**Entries provided:**
▼

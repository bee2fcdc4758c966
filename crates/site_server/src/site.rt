//! One site of a system as a process. It reads its commands one after another from a reader. Everything that other
//! sites send arrives over TCP, and is taken in by threads of its own. The command thread does not wait for any peer:
//! what it sends goes into bounded outboxes.
ghost use Rattle.std.specs.Prelude.{◌≡◌, []};
ghost use Rattle.apply_lanes.specs.Names.{id_of, AreBlank, IsUnused};
ghost use Rattle.site_server.specs.Starting.{IsUntouched};

mod client;
mod command_reader;
mod connection;
mod ending;
mod journaling;
mod keeping;
mod listing;
mod locked_outbox;
mod logging;
mod measuring;
mod outboxes;
mod progress_lines;
mod receiving;
mod replaying;
mod runtime;
mod serving;
mod settling;
mod shared;
mod site_time;
mod slots;
mod starting;
mod tick_log;
mod tick_signal;
mod ticking;

use crate::site::client::client_at;
use crate::site::command_reader::CommandReader;
use crate::site::ending::{say_no_report, say_report, say_unsent, stop_desk};
use crate::site::journaling::open_journal;
use crate::site::keeping::{Keeper, announce_journal, begin_counts, begin_keeper};
use crate::site::logging::{begin_log, end_log};
use crate::site::receiving::{PeerLink, links_of};
use crate::site::replaying::{Replayed, replay};
use crate::site::runtime::SiteRuntime;
use crate::site::serving::begin_clients;
use crate::site::shared::{COMMANDS, Shared};
use crate::site::starting::start_once;
use crate::site::ticking::{begin_ticks, tick_last};
use apply_lanes::{Blanks, DeskNames};
use command_keys::{KeyBook, Keys};
use desk_turns::Seats;
use durability::{Durability, ExitWriter};
use histories::History;
use journal_file::{FileDevice, Unknown};
use line_streams::ConversationError;
use log_lines::LogWriter;
use rights_types::OutOfMemory;
use site_core::Desk;
use site_sockets::{PeerState, SiteSockets, begin_acceptors, begin_sender};
use site_words::{Config, SiteFault};
use std::fs::{File, Files};
use std::hash::RandomState;
use std::io::{Read, Write};
use std::marker::Brand;
use std::net::{Net, TcpListener, TcpStream};
use std::random::RandomSource;
use std::sync::{Arc, Wait};
use std::thread;
use std::thread::{Scope, Threads};
use std::time::Clock;

/// The streams of a site's process.
#[derive(Drop)]
struct Streams<I, W, E> {
    reader: I,
    writer: W,
    /// Where it is written what the site logs.
    errors: E,
}

/// The journal of a site at its start.
#[derive(Drop)]
struct Journaled<'a> {
    path: &'a str,
    device: FileDevice<Unknown>,
}

/// What the threads of a site begin with.
#[derive(Drop)]
struct Begun<D: DeskNames> {
    links: Vec<PeerLink<D>>,
    keeper: Option<Keeper<D>>,
}

/// Runs one site until `quit` or the end of its commands. It listens before it reads the first one. Replies are
/// written before each read, so they never wait for further commands. A read or a write of `errors` that fails with
/// `WouldBlock` is tried again: no thread but that of the log waits for `errors`, and a silent input does not keep the
/// site from ending for lack of memory. Errors before the first read: `CannotListen`, and after that `StartedBefore` or
/// `CannotCreateStartFile`; at any point `OutOfMemory`, also if a thread cannot be started; with a journal also
/// `Explained`. So a site that cannot listen does not count as started.
pub fn run_site<
    R: Net<Listener = TcpListener, Stream = TcpStream>
        + Threads
        + Wait
        + Clock
        + RandomSource
        + AllocGlobal
        + Files<File = File>
        + Sync,
    I: Read,
    W: Write,
    E: Write + Send + Drop,
>(rt: &R, config: Config, reader: &mut I, writer: &mut W, errors: E) -> Result<(), SiteFault> {
    let streams = Streams {
        reader,
        writer,
        errors,
    };
    match config.journal() {
        Some(path) => run_with_journal(rt, &config, path, streams),
        None => run_in_memory(rt, &config, streams),
    }
}

/// Runs a site without a journal.
fn run_in_memory<R: SiteRuntime + Files, I: Read + Drop, W: Write + Drop, E: Write + Send + Drop>(
    rt: &R,
    config: &Config,
    streams: Streams<I, W, E>,
) -> Result<(), SiteFault> {
    let site = SiteSockets::open(rt, config, None)?;
    start_once(rt, config.once())?;
    site.announce(rt, config);
    let desk = Desk::new(rt.alloc(), config.id(), config.sites())?;
    serve::<Brand, R, I, W, E>(rt, config, &site, desk, Blanks::new(), streams)
}

/// Runs a site with the journal at this path.
fn run_with_journal<
    R: SiteRuntime + Files<File = File>,
    I: Read + Drop,
    W: Write + Drop,
    E: Write + Send + Drop,
>(rt: &R, config: &Config, path: &str, mut streams: Streams<I, W, E>) -> Result<(), SiteFault> {
    let device = open_journal(rt, path, Unknown, &mut streams.errors)?;
    let desk = Desk::new(rt.alloc(), config.id(), config.sites())?;
    let journaled = Journaled { path, device };
    serve_again::<Brand, R, I, W, E>(rt, config, journaled, desk, Blanks::new(), streams)
}

/// Shares the desk of a site, replays the journal, and runs the site. No port is opened before that.
fn serve_again<
    D: DeskNames + Send + Sync,
    R: SiteRuntime + Files<File = File>,
    I: Read + Drop,
    W: Write + Drop,
    E: Write + Send + Drop,
>(
    rt: &R,
    config: &Config,
    journaled: Journaled<'_>,
    desk: Desk,
    blanks: Blanks,
    mut streams: Streams<I, W, E>,
) -> Result<(), SiteFault>
    requires journal { IsUntouched [] journaled.device }
    requires id { D.id ≡ id_of desk blanks }
    requires blanks { AreBlank blanks }
    requires unused { IsUnused desk }
    requires configured { (D.id.site ≡ config.now.id) × (D.id.sites ≡ config.now.sites) }
{
    let alloc = rt.alloc();
    let durability = Arc::new(alloc, Durability::new())?;
    let keys = new_keys(rt, config)?;
    let shared = Shared::<D>::new(rt, alloc, desk, blanks, keys, Some(durability.clone()?))?;
    let mut links = links_of(rt, alloc, config, &shared)?;
    let Journaled { path, device } = journaled;
    let Replayed { journal, made } = replay(
        rt,
        config,
        path,
        &shared,
        &mut links,
        device,
        &mut streams.errors,
    )?;
    begin_counts(rt, &durability, &journal, made);
    let keeper = Keeper::new(alloc, path, shared.desk.clone()?, journal)?;
    let site = SiteSockets::open(rt, config, Some(durability))?;
    note_offers(rt, &site, &shared);
    site.announce(rt, config);
    announce_journal(rt, &site, path);
    run_logged(rt, config, &site, shared, links, Some(keeper), streams)
}

/// The keys of a site that starts, none yet. `None` if it takes none.
fn new_keys<R: RandomSource + AllocGlobal>(
    rt: &R,
    config: &Config,
) -> Result<Option<KeyBook>, OutOfMemory> {
    let count = config.keys();
    if count == 0 {
        return Ok(None);
    }
    let Ok(hasher) = RandomState::new(rt) else {
        return Err(OutOfMemory);
    };
    let keys = Keys::new(rt.alloc(), hasher, count as usize);
    Ok(Some(KeyBook::new(rt.alloc(), keys)))
}

/// Notes that no peer lacks an entry of the log, as far as is known: each asks for those that it lacks.
fn note_offers<D: DeskNames, R: Wait>(rt: &R, site: &SiteSockets, shared: &Shared<D>) {
    let look = shared.desk.look(rt);
    let number = look.kept().desk().number();
    for peer in site.peers() {
        peer.events.offers(number);
    }
}

/// Shares the desk of a site, and runs the site.
fn serve<
    D: DeskNames + Send + Sync,
    R: SiteRuntime,
    I: Read + Drop,
    W: Write + Drop,
    E: Write + Send + Drop,
>(
    rt: &R,
    config: &Config,
    site: &SiteSockets,
    desk: Desk,
    blanks: Blanks,
    streams: Streams<I, W, E>,
) -> Result<(), SiteFault>
    requires id { D.id ≡ id_of desk blanks }
    requires blanks { AreBlank blanks }
    requires unused { IsUnused desk }
    requires configured { (D.id.site ≡ config.now.id) × (D.id.sites ≡ config.now.sites) }
{
    // Each thread owns references to what it shares: the check lets none borrow a value whose type has a parameter.
    let keys = new_keys(rt, config)?;
    let shared = Shared::<D>::new(rt, rt.alloc(), desk, blanks, keys, None)?;
    let links = links_of(rt, rt.alloc(), config, &shared)?;
    run_logged(rt, config, site, shared, links, None, streams)
}

/// Runs the site while a thread writes what it logs. That thread ends last.
fn run_logged<
    D: DeskNames + Send + Sync,
    R: SiteRuntime,
    I: Read + Drop,
    W: Write + Drop,
    E: Write + Send + Drop,
>(
    rt: &R,
    config: &Config,
    site: &SiteSockets,
    shared: Shared<D>,
    links: Vec<PeerLink<D>>,
    keeper: Option<Keeper<D>>,
    streams: Streams<I, W, E>,
) -> Result<(), SiteFault> {
    let Streams {
        reader,
        writer,
        errors,
    } = streams;
    let log = LogWriter::new(rt, &site.log, errors)?;
    thread::scope(thread::scope_env(), rt, |scope| {
        let ended = if begin_log(scope, log) {
            run_desk(rt, config, site, shared, links, keeper, reader, writer)
        } else {
            Err(SiteFault::OutOfMemory)
        };
        end_log(rt, site);
        ended
    })
}

/// Starts the threads of a site, answers its commands, ends the threads, and stops the desk.
fn run_desk<D: DeskNames + Send + Sync, R: SiteRuntime, I: Read + Drop, W: Write + Drop>(
    rt: &R,
    config: &Config,
    site: &SiteSockets,
    shared: Shared<D>,
    links: Vec<PeerLink<D>>,
    keeper: Option<Keeper<D>>,
    reader: I,
    writer: W,
) -> Result<(), SiteFault> {
    let begun = Begun { links, keeper };
    let ended = run_threads(rt, config, site, &shared.seats, begun, reader, writer);
    if has_lost_journal(rt, site) {
        // The desk may have done more than what is durable, so it does not report.
        return Err(SiteFault::Explained);
    }
    stop_site(rt, site, config.log(), shared);
    Ok(ended?)
}

/// What waits for the journal is to be appended, and then no more.
fn end_journal<R: Wait>(rt: &R, site: &SiteSockets) {
    if let Some(durability) = site.durability() {
        durability.end(rt, &mut History::new());
    }
}

/// Whether the site ended since its journal failed, which was logged.
fn has_lost_journal<R: Wait>(rt: &R, site: &SiteSockets) -> bool {
    match site.durability() {
        Some(durability) => site.has_failed() && durability.has_failed(rt, &mut History::new()),
        None => false,
    }
}

/// Stops the desk of a site whose threads have ended, and reports what it did, if clients could connect. Before that it
/// logs which entries were sent to no peer, if events are logged.
fn stop_site<D: DeskNames, R: Wait + AllocGlobal>(
    rt: &R,
    site: &SiteSockets,
    log: bool,
    shared: Shared<D>,
) {
    if log {
        say_unsent(rt, site, &shared);
    }
    let stopped = stop_desk(rt.alloc(), shared);
    if site.clients.is_none() {
        return;
    }
    match stopped {
        Ok(report) => say_report(rt, &site.log, &report),
        Err(why) => say_no_report(rt, &site.log, why),
    }
}

/// Answers the commands while the threads of the site run. The thread that appends ends after all others: what they do at
/// the end is to be durable too, before the desk reports it.
fn run_threads<D: DeskNames + Send + Sync, R: SiteRuntime, I: Read + Drop, W: Write + Drop>(
    rt: &R,
    config: &Config,
    site: &SiteSockets,
    seats: &Arc<Seats<D>>,
    begun: Begun<D>,
    reader: I,
    writer: W,
) -> Result<(), ConversationError> {
    let Begun { links, keeper } = begun;
    thread::scope(thread::scope_env(), rt, |scope| {
        let links = if begin_keeper(scope, rt, site, keeper) {
            Some(links)
        } else {
            None
        };
        let ended = run_others(rt, config, site, seats, links, reader, writer);
        end_journal(rt, site);
        ended
    })
}

/// Answers the commands while the other threads of the site run. `None` is passed if one could not be started.
fn run_others<D: DeskNames + Send + Sync, R: SiteRuntime, I: Read + Drop, W: Write + Drop>(
    rt: &R,
    config: &Config,
    site: &SiteSockets,
    seats: &Arc<Seats<D>>,
    links: Option<Vec<PeerLink<D>>>,
    mut reader: I,
    writer: W,
) -> Result<(), ConversationError> {
    let mut writer = ExitWriter::new(rt, site.durability(), writer);
    thread::scope(thread::scope_env(), rt, |scope| {
        let ended = if begin_all(scope, rt, config, site, seats, links) {
            answer_commands(rt, site, seats, &mut reader, &mut writer)
        } else {
            say_no_thread(rt, site);
            Err(ConversationError::OutOfMemory)
        };
        site.end_clients(rt);
        if ended.is_ok() {
            tick_last(rt, site, seats);
        }
        site.shut_down(rt);
        ended
    })
}

/// Logs what the system refused, if events are logged.
fn say_no_thread<R: Wait>(rt: &R, site: &SiteSockets) {
    if site.logs_events {
        site.log.put(rt, "a thread could not be started");
    }
}

/// Answers the commands, with their seat. If the site cannot continue for lack of memory, no further read begins.
fn answer_commands<D: DeskNames, R: Wait + Clock + AllocGlobal, I: Read, W: Write>(
    rt: &R,
    site: &SiteSockets,
    seats: &Seats<D>,
    reader: &mut I,
    writer: &mut W,
) -> Result<(), ConversationError> {
    let Some(mut client) = client_at(rt, site, seats, COMMANDS) else {
        return Err(ConversationError::OutOfMemory);
    };
    let mut reader = CommandReader::new(site, reader);
    match client.answer_all(&mut reader, writer) {
        Err(ConversationError::ReadFailed) if site.has_failed() => {
            Err(ConversationError::OutOfMemory)
        }
        Err(fault) => Err(fault),
        Ok(_) => Ok(()),
    }
}

/// Starts all threads except that of the commands and that which appends. `false` if one could not be started.
fn begin_all<'s, E, D: DeskNames + Send + Sync + 's, R: SiteRuntime>(
    scope: &Scope<'s, E>,
    rt: &'s R,
    config: &'s Config,
    site: &'s SiteSockets,
    seats: &Arc<Seats<D>>,
    links: Option<Vec<PeerLink<D>>>,
) -> bool {
    let Some(links) = links else {
        return false;
    };
    let mut has_all = begin_acceptors(scope, rt, config, site);
    has_all &= begin_clients(scope, rt, site, seats);
    has_all &= begin_ticks(scope, rt, site, config.tick(), seats);
    for link in links {
        has_all &= begin_peer(scope, rt, site, link);
    }
    has_all
}

/// Starts the threads for one peer. `false` if one could not be started.
fn begin_peer<'s, E, D: DeskNames + Send + Sync + 's, R: SiteRuntime>(
    scope: &Scope<'s, E>,
    rt: &'s R,
    site: &'s SiteSockets,
    link: PeerLink<D>,
) -> bool {
    match site.peer(link.origin) {
        Some(peer) => {
            begin_link(scope, rt, site, peer, link) && begin_sender(scope, rt, site, peer)
        }
        None => true,
    }
}

/// Starts the threads that read this peer's lines and apply its entries. `false` if one could not be started.
fn begin_link<'s, E, D: DeskNames + Send + Sync + 's, R: Wait + Clock + AllocGlobal + Sync>(
    scope: &Scope<'s, E>,
    rt: &'s R,
    site: &'s SiteSockets,
    peer: &'s PeerState,
    link: PeerLink<D>,
) -> bool {
    let PeerLink {
        receiver,
        applier,
        ..
    } = link;
    begin_both(
        scope,
        move || receiver.receive_all(rt, peer),
        move || applier.apply_all(rt, site),
    )
}

/// Starts a thread for each of the two. `false` if one could not be started.
fn begin_both<'s, E, F: FnOnce() + Send + Drop + 's, G: FnOnce() + Send + Drop + 's>(
    scope: &Scope<'s, E>,
    first: F,
    second: G,
) -> bool
    requires first { F.pre first }
    requires second { G.pre second }
{
    scope.spawn(first).is_ok() && scope.spawn(second).is_ok()
}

▲

All lines with the word "TcpStream" are needed; pull them from the entries and copy each.

use std::net::{Net, TcpListener, TcpStream};
    R: Net<Listener = TcpListener, Stream = TcpStream>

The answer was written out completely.